**Exercise directions:** This exercise calls for a copy of every line in the listing below that carries the word "IsErr".

**Data shown:**

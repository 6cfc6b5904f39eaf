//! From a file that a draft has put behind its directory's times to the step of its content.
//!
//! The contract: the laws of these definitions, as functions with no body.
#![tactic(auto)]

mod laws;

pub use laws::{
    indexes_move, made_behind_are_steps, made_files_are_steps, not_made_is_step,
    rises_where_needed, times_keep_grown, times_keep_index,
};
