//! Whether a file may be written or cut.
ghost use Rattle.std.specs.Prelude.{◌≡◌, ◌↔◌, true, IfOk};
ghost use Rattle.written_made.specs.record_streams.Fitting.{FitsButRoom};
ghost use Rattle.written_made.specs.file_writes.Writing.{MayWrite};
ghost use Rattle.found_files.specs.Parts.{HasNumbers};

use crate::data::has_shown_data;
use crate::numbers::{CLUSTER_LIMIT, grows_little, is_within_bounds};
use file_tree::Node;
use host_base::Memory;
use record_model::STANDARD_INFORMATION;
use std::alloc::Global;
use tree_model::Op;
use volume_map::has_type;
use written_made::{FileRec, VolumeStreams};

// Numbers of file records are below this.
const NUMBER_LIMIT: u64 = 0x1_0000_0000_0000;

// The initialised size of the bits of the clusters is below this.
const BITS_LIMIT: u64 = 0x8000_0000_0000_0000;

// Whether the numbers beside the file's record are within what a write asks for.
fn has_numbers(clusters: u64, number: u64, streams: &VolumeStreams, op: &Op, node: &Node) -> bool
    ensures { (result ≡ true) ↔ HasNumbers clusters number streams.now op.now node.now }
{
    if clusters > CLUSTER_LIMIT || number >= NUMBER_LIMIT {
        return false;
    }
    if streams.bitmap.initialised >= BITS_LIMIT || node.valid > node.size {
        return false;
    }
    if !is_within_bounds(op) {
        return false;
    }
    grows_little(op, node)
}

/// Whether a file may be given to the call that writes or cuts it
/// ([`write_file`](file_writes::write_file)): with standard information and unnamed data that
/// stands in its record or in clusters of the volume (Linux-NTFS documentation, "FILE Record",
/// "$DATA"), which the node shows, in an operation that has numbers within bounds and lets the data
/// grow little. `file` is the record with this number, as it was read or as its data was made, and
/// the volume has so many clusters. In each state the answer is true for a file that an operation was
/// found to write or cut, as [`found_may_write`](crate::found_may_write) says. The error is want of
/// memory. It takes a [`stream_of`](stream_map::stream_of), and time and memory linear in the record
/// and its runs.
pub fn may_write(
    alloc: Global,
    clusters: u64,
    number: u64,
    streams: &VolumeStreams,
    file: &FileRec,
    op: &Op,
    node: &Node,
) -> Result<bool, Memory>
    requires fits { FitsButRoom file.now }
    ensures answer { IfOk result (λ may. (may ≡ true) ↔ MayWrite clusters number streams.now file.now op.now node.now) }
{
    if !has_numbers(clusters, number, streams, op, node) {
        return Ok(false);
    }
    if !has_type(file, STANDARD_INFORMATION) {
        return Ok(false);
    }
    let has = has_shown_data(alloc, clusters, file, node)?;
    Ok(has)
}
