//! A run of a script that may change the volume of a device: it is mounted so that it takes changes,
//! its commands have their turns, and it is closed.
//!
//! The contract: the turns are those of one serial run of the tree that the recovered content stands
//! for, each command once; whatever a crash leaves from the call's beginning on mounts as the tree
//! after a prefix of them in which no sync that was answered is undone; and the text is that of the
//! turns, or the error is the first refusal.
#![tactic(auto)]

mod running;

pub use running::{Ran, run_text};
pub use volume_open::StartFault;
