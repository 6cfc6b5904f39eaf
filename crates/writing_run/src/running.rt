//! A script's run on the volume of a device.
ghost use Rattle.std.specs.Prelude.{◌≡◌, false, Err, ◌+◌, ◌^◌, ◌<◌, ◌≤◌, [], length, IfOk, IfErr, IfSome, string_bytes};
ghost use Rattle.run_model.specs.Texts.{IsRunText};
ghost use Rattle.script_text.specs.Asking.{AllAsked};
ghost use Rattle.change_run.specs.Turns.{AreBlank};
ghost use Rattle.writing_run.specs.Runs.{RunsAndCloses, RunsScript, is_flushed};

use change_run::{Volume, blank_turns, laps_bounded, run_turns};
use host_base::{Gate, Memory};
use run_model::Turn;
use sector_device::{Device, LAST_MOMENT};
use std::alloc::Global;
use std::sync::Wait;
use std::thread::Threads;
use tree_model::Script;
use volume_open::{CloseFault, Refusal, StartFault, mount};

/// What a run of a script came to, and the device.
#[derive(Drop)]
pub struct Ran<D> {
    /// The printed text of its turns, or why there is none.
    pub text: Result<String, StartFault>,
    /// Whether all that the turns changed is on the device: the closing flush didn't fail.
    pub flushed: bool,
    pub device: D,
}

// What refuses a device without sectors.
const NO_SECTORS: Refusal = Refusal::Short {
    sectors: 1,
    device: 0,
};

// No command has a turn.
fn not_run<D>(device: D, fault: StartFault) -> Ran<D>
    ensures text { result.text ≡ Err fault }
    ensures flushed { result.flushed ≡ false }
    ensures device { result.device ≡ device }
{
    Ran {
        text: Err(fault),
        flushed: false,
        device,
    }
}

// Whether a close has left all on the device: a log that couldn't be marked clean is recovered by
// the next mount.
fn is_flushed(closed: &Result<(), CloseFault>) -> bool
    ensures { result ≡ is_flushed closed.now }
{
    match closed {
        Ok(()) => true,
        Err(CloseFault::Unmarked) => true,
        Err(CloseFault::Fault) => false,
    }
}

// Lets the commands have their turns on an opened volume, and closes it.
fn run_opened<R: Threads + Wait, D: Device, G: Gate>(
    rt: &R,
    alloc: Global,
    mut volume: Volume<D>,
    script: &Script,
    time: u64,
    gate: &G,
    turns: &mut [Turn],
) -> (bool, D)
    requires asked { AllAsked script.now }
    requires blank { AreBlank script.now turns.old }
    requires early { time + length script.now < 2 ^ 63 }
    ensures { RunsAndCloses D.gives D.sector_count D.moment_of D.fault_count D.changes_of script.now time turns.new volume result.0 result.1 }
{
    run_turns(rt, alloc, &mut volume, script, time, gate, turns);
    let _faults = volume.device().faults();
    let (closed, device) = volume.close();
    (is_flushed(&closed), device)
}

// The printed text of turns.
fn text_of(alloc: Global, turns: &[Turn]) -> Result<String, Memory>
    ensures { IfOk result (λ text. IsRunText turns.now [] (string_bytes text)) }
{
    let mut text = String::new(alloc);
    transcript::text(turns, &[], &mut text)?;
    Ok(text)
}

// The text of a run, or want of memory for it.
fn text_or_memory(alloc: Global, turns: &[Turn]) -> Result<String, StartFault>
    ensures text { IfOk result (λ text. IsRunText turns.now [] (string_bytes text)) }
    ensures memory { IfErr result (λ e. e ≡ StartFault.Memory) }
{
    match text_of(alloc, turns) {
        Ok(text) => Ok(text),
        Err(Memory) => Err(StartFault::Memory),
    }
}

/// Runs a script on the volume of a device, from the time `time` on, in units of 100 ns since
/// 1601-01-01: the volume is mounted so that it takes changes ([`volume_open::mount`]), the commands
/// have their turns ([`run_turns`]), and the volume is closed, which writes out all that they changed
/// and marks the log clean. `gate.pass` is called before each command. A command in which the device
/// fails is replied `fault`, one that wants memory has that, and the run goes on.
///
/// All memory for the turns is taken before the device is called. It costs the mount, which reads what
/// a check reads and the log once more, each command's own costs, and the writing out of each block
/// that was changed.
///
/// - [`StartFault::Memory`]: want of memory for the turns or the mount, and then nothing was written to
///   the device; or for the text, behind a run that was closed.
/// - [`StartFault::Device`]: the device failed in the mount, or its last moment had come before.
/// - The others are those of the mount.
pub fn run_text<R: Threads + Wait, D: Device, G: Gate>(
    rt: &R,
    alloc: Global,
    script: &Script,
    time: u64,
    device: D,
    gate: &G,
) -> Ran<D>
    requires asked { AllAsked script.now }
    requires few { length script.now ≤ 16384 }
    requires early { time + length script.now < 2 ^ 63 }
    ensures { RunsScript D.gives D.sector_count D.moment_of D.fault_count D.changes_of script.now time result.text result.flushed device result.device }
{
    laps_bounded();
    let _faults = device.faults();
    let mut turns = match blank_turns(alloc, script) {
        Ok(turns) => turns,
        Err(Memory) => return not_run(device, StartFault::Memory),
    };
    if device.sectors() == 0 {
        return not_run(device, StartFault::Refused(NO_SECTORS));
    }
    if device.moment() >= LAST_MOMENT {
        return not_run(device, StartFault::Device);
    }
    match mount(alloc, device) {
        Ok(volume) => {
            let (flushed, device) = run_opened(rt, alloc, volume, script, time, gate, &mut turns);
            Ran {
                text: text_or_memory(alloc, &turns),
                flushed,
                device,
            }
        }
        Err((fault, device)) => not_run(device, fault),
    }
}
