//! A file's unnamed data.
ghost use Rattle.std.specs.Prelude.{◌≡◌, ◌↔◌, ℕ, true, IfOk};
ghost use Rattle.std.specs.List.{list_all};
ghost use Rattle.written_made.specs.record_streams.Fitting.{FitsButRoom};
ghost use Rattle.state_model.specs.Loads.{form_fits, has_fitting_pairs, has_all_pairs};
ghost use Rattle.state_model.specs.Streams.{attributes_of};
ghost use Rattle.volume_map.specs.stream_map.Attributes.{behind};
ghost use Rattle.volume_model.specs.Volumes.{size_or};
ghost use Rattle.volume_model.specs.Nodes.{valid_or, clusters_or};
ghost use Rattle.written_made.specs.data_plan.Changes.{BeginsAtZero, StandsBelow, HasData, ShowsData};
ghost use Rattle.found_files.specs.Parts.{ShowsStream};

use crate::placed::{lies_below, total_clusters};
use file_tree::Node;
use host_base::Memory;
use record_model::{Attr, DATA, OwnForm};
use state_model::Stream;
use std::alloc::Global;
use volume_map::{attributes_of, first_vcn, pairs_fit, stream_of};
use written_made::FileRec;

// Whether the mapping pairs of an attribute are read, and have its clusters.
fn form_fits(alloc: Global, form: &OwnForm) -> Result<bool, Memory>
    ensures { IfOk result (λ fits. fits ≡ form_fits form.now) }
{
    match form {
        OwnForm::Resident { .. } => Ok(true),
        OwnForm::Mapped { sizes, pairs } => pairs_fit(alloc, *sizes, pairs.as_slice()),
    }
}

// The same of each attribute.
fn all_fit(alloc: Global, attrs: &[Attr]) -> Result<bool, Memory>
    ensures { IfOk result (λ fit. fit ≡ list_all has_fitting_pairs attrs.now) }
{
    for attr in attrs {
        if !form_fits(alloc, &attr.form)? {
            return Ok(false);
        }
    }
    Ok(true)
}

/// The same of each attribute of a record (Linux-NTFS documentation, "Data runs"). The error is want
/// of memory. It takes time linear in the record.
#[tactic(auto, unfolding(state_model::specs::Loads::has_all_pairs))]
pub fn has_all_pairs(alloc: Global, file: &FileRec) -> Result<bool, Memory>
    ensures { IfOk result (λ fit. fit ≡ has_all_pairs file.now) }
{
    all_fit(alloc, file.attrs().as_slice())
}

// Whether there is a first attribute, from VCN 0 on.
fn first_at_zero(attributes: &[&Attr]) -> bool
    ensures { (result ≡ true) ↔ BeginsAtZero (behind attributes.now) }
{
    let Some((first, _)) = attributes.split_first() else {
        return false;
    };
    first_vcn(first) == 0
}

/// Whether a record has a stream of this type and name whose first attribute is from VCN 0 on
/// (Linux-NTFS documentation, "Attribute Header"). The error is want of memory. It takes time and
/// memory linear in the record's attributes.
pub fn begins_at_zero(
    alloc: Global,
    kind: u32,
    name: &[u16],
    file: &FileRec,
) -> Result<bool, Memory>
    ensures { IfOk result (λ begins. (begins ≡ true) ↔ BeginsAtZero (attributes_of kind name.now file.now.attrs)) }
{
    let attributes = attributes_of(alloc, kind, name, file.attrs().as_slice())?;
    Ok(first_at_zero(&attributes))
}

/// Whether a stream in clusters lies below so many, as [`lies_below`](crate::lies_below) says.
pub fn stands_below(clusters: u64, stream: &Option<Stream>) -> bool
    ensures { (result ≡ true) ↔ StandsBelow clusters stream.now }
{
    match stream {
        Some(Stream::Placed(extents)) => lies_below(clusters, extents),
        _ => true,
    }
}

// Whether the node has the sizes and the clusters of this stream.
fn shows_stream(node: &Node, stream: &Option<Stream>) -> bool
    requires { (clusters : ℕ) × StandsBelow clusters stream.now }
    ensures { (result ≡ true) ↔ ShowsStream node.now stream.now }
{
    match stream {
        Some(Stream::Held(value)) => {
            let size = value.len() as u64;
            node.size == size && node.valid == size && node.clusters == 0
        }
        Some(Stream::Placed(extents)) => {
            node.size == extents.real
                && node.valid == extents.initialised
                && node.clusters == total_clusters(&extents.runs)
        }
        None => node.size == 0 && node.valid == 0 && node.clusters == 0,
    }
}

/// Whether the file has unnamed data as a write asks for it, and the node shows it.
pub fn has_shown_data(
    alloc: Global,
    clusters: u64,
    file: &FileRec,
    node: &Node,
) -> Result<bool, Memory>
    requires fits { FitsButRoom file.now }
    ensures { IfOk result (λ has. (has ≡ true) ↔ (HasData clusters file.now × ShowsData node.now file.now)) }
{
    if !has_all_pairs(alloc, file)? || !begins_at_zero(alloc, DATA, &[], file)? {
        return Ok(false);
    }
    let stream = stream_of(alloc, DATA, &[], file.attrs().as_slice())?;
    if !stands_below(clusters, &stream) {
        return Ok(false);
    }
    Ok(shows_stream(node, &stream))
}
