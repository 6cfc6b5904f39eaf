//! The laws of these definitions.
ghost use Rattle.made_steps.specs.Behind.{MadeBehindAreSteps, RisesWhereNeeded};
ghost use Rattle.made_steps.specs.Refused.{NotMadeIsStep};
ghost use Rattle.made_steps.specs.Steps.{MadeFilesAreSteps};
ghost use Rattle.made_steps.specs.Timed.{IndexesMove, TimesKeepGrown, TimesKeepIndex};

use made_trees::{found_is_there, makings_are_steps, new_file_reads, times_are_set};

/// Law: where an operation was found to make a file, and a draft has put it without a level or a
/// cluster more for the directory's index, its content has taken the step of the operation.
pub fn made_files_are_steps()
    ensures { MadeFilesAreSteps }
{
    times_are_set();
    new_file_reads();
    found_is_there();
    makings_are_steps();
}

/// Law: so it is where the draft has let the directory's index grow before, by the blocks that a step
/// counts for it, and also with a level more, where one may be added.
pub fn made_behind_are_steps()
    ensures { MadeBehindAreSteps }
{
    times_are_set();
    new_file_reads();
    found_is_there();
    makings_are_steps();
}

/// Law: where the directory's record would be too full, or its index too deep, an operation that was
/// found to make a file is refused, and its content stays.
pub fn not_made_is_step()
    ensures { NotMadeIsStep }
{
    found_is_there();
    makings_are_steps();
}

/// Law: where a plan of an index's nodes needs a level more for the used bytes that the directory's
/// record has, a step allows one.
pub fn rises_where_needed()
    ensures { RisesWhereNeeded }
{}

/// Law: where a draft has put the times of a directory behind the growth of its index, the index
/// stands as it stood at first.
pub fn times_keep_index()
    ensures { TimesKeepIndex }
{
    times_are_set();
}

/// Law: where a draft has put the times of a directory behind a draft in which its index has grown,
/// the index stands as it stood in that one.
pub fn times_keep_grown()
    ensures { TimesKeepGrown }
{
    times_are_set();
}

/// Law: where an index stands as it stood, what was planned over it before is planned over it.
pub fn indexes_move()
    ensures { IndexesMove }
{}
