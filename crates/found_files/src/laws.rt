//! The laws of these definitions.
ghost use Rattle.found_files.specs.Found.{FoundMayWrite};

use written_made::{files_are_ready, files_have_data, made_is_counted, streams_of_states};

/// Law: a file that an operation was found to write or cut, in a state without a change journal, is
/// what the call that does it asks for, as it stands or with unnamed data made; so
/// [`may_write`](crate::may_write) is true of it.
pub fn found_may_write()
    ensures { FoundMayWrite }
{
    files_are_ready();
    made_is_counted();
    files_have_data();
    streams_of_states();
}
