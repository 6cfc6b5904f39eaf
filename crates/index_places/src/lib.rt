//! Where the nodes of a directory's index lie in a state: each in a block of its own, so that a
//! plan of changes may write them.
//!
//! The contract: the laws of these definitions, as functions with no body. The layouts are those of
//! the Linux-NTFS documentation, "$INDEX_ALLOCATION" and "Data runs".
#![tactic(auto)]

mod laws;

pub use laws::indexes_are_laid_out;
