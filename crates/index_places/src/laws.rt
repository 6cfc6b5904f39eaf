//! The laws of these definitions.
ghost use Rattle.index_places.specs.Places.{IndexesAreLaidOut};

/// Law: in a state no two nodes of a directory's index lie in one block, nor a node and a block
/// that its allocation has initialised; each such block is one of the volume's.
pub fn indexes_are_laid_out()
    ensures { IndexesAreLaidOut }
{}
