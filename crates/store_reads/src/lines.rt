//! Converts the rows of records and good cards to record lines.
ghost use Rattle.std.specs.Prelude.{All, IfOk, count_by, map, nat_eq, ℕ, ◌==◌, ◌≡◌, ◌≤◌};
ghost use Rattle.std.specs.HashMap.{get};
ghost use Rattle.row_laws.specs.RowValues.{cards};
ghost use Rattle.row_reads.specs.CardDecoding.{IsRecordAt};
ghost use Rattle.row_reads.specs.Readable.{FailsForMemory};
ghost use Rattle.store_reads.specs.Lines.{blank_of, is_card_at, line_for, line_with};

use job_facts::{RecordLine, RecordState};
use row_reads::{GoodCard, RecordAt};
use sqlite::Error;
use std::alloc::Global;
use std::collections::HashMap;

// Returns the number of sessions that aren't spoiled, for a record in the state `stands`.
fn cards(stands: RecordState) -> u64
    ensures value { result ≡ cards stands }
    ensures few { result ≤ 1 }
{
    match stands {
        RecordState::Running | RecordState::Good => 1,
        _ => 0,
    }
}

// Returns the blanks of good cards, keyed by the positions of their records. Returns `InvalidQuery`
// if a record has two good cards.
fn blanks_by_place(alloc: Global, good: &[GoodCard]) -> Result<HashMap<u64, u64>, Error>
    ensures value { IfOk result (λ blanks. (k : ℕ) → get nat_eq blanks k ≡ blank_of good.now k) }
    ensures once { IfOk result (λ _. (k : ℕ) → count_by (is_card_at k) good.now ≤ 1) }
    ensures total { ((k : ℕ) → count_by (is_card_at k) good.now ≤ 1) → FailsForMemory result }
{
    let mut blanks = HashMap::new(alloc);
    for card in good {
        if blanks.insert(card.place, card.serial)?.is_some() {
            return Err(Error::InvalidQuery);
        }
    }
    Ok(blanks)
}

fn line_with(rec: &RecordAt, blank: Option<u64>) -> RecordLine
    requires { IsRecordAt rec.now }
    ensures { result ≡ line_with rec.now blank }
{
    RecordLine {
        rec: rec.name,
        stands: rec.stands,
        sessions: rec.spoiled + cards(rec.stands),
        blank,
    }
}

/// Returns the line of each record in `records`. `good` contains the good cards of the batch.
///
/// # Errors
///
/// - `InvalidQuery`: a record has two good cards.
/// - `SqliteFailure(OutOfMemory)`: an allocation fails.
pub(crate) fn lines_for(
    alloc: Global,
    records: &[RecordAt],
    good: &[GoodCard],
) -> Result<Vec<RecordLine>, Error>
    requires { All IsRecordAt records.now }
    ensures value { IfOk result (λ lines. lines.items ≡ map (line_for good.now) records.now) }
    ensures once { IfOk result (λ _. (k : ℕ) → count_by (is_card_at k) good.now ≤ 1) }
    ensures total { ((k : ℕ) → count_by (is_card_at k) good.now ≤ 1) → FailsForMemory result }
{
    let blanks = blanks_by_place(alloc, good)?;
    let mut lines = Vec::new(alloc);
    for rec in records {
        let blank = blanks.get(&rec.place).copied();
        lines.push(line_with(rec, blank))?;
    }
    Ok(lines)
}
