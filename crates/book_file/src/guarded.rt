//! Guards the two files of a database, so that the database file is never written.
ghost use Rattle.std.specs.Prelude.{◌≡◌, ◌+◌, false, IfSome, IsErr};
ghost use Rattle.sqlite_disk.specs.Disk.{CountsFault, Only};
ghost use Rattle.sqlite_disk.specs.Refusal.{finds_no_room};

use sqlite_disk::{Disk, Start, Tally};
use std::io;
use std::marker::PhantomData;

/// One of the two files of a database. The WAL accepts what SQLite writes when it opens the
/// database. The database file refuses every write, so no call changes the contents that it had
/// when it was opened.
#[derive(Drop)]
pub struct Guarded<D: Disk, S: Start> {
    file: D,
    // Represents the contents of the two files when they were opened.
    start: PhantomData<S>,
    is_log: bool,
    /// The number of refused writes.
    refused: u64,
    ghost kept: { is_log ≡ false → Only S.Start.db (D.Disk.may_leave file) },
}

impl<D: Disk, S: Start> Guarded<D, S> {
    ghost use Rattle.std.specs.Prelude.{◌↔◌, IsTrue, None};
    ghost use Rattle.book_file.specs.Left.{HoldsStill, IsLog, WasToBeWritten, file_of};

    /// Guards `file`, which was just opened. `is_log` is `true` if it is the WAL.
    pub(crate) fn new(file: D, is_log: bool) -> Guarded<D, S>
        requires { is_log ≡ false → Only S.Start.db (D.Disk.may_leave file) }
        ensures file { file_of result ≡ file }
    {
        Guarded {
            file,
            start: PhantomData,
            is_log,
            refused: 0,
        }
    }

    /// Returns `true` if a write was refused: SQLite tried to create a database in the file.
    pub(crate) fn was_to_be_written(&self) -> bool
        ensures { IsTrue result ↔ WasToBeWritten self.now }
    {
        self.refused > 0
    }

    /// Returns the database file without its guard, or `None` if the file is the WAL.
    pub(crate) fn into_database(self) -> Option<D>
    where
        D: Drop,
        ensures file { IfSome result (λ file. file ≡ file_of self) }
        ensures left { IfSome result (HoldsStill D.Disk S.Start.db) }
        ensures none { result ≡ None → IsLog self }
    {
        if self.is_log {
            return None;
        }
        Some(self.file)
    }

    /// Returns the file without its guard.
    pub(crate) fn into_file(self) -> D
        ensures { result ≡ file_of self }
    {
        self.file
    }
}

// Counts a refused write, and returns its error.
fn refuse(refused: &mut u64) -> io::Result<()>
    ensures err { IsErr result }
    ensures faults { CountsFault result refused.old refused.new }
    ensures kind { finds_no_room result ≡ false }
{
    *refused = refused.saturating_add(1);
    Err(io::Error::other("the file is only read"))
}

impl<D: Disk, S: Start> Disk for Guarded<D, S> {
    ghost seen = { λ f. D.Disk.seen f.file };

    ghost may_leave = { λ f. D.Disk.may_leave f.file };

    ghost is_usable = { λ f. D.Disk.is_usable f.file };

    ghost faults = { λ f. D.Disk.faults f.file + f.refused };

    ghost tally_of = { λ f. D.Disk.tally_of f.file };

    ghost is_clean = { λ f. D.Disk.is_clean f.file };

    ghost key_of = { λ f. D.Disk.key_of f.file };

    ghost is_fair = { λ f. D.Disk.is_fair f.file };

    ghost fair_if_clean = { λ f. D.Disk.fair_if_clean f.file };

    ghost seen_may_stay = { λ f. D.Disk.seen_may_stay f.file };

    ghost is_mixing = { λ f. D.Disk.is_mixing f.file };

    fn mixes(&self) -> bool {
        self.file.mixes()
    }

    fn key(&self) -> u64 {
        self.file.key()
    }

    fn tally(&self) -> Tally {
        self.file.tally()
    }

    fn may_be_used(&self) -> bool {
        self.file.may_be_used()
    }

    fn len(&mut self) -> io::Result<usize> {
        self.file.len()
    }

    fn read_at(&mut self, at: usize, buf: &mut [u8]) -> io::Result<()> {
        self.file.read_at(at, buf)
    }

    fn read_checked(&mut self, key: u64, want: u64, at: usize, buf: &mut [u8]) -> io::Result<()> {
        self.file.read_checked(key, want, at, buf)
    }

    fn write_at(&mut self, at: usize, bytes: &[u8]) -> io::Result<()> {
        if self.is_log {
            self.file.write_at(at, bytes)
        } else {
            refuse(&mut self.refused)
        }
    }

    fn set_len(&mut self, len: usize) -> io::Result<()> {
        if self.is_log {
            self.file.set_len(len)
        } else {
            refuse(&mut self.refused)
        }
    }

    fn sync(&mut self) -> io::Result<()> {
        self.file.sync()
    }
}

**Written answer:**
ghost use Rattle.std.specs.Prelude.{◌≡◌, ◌+◌, false, IfSome, IsErr};
    ensures err { IsErr result }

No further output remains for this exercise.